╭─ Recorded data

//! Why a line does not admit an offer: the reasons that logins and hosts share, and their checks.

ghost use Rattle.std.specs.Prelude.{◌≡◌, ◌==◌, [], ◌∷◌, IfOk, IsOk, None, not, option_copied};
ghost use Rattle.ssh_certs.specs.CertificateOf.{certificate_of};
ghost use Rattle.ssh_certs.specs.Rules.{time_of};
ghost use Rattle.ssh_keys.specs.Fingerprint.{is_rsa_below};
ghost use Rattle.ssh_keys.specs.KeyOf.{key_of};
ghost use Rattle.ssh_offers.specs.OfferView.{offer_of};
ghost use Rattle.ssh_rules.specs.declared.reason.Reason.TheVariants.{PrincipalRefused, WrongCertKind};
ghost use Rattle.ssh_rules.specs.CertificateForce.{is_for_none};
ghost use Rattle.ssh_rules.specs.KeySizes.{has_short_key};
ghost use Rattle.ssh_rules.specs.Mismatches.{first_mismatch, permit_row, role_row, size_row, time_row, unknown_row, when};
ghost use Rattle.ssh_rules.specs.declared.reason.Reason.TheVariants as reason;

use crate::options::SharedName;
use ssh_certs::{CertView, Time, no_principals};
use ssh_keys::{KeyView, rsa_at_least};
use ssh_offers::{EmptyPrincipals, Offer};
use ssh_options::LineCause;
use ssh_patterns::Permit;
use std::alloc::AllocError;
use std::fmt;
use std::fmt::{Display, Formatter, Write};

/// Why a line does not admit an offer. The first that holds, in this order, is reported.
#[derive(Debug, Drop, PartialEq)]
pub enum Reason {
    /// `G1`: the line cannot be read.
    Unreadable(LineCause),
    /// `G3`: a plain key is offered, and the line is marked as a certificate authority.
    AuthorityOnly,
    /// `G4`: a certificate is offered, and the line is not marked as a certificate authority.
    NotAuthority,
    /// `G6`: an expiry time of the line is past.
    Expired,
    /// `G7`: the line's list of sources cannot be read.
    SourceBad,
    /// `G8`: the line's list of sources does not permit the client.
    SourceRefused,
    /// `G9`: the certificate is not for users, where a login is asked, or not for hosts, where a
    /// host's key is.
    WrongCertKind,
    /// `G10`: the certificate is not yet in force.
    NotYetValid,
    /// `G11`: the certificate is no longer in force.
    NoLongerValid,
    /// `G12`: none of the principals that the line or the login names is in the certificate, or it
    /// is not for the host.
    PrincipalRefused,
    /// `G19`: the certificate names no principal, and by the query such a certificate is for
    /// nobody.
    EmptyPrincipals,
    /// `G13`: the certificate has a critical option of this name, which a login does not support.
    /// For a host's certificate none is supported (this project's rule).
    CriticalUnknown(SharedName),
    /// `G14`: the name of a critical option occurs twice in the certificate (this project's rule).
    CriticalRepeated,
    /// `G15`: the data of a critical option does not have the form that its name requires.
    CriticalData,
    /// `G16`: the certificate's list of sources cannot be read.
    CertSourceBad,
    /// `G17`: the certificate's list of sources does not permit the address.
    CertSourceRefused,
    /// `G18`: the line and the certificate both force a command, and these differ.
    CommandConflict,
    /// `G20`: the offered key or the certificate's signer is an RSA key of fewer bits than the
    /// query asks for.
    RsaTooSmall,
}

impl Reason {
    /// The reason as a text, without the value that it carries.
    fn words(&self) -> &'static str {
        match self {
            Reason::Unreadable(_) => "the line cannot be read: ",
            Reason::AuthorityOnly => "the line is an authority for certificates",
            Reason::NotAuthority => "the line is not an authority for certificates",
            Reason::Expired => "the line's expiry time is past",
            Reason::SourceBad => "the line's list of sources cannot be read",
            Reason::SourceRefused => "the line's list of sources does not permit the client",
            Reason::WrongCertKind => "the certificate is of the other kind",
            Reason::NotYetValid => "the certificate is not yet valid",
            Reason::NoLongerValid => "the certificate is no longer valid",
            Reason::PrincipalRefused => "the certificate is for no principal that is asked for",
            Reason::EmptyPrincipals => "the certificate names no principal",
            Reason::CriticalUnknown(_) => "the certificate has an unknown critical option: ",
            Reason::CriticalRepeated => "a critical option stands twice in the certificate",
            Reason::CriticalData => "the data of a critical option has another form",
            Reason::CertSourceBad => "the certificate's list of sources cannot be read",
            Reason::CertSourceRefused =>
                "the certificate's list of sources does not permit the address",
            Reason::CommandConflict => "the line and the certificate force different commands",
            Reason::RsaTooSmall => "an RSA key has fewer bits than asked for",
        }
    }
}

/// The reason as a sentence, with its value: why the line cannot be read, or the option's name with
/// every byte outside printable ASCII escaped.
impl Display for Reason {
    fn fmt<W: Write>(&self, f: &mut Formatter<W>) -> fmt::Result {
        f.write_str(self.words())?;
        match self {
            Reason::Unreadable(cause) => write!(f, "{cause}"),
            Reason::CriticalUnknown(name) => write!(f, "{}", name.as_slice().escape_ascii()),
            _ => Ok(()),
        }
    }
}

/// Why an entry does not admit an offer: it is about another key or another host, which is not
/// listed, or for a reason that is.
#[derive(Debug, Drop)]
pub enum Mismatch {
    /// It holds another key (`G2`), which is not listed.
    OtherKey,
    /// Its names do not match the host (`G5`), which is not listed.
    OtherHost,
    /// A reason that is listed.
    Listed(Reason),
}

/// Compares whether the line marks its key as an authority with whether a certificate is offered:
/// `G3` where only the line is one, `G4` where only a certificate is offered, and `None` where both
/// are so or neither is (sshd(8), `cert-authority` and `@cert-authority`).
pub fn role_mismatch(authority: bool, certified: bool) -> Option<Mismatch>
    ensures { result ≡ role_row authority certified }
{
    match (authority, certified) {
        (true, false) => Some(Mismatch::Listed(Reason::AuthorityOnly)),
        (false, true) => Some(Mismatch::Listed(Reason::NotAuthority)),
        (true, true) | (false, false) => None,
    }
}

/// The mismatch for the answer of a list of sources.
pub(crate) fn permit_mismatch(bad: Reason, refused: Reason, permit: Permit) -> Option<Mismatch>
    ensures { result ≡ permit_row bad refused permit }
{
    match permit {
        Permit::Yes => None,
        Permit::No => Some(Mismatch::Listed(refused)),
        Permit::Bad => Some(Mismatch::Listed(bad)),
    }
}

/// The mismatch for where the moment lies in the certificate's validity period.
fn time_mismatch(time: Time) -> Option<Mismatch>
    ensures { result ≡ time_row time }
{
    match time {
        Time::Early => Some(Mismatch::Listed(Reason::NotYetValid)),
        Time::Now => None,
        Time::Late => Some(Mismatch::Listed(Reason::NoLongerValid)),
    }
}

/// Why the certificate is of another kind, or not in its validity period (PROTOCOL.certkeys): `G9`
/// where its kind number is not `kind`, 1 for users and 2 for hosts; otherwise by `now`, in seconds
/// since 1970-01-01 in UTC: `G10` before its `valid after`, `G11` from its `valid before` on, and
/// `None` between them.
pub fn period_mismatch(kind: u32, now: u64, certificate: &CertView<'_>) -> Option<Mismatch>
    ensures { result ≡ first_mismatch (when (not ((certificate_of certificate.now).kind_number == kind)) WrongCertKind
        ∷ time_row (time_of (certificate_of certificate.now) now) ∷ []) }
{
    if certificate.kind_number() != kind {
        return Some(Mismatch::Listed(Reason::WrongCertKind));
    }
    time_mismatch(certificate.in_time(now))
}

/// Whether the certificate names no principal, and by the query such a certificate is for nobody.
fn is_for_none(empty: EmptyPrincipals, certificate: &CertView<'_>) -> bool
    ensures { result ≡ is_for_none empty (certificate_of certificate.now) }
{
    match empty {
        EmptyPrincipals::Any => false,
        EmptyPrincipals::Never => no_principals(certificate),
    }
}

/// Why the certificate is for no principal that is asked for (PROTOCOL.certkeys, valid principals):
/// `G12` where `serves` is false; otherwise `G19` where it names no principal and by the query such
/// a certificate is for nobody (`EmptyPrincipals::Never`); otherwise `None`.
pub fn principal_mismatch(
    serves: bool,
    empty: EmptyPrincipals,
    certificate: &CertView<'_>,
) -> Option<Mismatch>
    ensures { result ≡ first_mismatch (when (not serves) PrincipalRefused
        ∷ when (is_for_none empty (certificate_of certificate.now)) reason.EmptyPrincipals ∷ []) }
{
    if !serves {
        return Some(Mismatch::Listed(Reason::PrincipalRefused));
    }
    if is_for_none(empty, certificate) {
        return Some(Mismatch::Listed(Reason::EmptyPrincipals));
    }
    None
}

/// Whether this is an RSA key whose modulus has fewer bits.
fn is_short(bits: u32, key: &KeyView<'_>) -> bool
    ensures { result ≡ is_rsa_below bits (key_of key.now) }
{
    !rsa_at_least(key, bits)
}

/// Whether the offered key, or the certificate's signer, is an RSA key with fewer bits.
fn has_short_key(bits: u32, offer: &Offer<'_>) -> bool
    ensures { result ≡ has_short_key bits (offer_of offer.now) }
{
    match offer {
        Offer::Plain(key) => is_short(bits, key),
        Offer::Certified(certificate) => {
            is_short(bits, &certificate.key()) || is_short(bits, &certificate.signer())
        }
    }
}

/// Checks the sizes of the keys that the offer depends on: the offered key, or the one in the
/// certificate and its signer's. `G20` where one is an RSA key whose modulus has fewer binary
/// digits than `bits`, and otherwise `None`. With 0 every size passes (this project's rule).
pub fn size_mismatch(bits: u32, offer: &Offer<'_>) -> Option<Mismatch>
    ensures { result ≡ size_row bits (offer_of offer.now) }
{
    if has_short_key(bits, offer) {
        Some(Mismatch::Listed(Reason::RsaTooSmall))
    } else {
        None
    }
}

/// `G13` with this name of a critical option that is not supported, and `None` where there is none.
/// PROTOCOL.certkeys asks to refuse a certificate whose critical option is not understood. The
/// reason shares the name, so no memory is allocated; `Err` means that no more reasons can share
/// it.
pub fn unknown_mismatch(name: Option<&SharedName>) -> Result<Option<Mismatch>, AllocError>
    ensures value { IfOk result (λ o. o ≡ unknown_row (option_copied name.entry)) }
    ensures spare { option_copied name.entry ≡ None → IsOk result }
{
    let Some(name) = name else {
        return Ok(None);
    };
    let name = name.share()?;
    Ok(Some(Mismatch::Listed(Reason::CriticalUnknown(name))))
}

╰─
╭─ Recorded data

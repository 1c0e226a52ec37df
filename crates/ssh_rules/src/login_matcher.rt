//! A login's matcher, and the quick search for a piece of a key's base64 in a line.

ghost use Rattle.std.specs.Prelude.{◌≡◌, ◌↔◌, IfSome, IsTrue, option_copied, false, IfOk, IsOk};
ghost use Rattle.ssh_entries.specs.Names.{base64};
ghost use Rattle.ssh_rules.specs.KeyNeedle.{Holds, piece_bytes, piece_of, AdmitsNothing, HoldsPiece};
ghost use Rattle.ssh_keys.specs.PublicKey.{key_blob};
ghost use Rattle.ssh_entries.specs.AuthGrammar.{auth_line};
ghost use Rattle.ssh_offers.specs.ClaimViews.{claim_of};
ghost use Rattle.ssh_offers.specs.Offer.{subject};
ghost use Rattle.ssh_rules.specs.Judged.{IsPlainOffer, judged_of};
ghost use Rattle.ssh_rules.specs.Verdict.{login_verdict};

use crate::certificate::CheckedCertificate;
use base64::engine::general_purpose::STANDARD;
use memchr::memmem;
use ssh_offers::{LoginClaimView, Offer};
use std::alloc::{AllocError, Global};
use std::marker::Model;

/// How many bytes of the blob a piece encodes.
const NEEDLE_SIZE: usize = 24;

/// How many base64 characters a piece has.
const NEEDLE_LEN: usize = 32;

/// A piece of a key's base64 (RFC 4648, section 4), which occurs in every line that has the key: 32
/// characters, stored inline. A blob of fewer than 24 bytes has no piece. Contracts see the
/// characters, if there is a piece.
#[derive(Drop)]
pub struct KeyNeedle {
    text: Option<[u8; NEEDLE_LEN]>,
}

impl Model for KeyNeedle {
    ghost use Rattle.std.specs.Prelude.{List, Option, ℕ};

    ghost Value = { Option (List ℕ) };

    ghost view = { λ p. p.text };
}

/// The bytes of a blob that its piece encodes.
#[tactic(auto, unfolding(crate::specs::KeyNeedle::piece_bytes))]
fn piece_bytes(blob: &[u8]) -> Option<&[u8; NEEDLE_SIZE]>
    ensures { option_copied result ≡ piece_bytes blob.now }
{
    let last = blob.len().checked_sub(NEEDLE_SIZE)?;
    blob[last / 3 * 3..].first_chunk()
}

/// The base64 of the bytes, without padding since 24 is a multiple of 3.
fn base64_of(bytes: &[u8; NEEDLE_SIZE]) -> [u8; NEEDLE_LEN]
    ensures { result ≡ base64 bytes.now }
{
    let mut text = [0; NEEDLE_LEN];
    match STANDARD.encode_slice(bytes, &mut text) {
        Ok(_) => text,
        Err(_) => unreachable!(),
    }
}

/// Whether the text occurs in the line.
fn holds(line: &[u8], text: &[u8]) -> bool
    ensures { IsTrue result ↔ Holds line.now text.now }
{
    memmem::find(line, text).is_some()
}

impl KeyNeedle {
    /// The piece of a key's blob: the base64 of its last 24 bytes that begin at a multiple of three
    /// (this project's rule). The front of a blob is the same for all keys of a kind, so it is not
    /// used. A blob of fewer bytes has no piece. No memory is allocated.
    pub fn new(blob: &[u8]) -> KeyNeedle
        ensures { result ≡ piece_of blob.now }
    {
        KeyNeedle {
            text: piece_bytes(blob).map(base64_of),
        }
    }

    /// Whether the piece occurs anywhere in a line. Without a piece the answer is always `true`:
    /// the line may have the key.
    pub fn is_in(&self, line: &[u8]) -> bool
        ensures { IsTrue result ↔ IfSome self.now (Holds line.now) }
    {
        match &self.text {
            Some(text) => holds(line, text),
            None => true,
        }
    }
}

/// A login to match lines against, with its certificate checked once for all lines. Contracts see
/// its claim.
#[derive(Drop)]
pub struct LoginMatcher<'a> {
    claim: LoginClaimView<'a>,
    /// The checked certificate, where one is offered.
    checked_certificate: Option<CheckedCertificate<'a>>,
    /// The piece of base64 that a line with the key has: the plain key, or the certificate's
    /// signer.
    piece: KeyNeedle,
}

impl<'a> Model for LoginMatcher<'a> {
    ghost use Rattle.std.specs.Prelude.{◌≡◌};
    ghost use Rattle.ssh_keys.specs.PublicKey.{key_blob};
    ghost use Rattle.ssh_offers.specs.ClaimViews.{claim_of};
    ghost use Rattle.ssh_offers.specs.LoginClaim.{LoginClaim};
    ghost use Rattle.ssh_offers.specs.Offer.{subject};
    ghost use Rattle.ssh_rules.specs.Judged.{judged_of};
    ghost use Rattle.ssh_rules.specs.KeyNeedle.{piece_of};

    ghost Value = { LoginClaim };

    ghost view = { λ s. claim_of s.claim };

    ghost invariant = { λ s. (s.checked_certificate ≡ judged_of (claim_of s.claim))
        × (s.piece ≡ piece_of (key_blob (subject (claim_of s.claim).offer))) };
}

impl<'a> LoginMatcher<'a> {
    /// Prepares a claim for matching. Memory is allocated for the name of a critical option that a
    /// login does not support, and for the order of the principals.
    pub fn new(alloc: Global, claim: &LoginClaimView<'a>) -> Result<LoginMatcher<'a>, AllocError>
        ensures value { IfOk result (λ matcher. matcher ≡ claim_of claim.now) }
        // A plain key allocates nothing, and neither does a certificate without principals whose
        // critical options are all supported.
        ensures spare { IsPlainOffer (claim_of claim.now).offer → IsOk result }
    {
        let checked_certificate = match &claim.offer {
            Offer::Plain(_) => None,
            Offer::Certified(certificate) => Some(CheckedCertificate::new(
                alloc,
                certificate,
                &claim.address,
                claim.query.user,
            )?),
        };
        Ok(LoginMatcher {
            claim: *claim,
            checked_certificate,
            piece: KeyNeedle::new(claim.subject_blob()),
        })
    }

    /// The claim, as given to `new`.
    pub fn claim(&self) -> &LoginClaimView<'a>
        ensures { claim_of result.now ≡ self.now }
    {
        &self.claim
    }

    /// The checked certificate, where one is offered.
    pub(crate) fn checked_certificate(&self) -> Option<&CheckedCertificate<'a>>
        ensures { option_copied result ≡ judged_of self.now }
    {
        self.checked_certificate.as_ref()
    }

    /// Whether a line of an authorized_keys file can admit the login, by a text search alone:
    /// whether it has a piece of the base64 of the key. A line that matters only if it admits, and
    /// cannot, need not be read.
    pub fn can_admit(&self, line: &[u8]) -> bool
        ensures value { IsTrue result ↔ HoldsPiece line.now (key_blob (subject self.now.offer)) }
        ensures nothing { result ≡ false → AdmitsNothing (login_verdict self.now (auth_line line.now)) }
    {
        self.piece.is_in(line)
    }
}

╰─

§ What the task asks
In the data above, which lines lie between the line with "and their checks." and the line with "use ssh_options::LineCause;", inclusive? Print those lines exactly and nothing else.

§ Result for this task
//! Why a line does not admit an offer: the reasons that logins and hosts share, and their checks.

ghost use Rattle.std.specs.Prelude.{◌≡◌, ◌==◌, [], ◌∷◌, IfOk, IsOk, None, not, option_copied};
ghost use Rattle.ssh_certs.specs.CertificateOf.{certificate_of};
ghost use Rattle.ssh_certs.specs.Rules.{time_of};
ghost use Rattle.ssh_keys.specs.Fingerprint.{is_rsa_below};
ghost use Rattle.ssh_keys.specs.KeyOf.{key_of};
ghost use Rattle.ssh_offers.specs.OfferView.{offer_of};
ghost use Rattle.ssh_rules.specs.declared.reason.Reason.TheVariants.{PrincipalRefused, WrongCertKind};
ghost use Rattle.ssh_rules.specs.CertificateForce.{is_for_none};
ghost use Rattle.ssh_rules.specs.KeySizes.{has_short_key};
ghost use Rattle.ssh_rules.specs.Mismatches.{first_mismatch, permit_row, role_row, size_row, time_row, unknown_row, when};
ghost use Rattle.ssh_rules.specs.declared.reason.Reason.TheVariants as reason;

use crate::options::SharedName;
use ssh_certs::{CertView, Time, no_principals};
use ssh_keys::{KeyView, rsa_at_least};
use ssh_offers::{EmptyPrincipals, Offer};
use ssh_options::LineCause;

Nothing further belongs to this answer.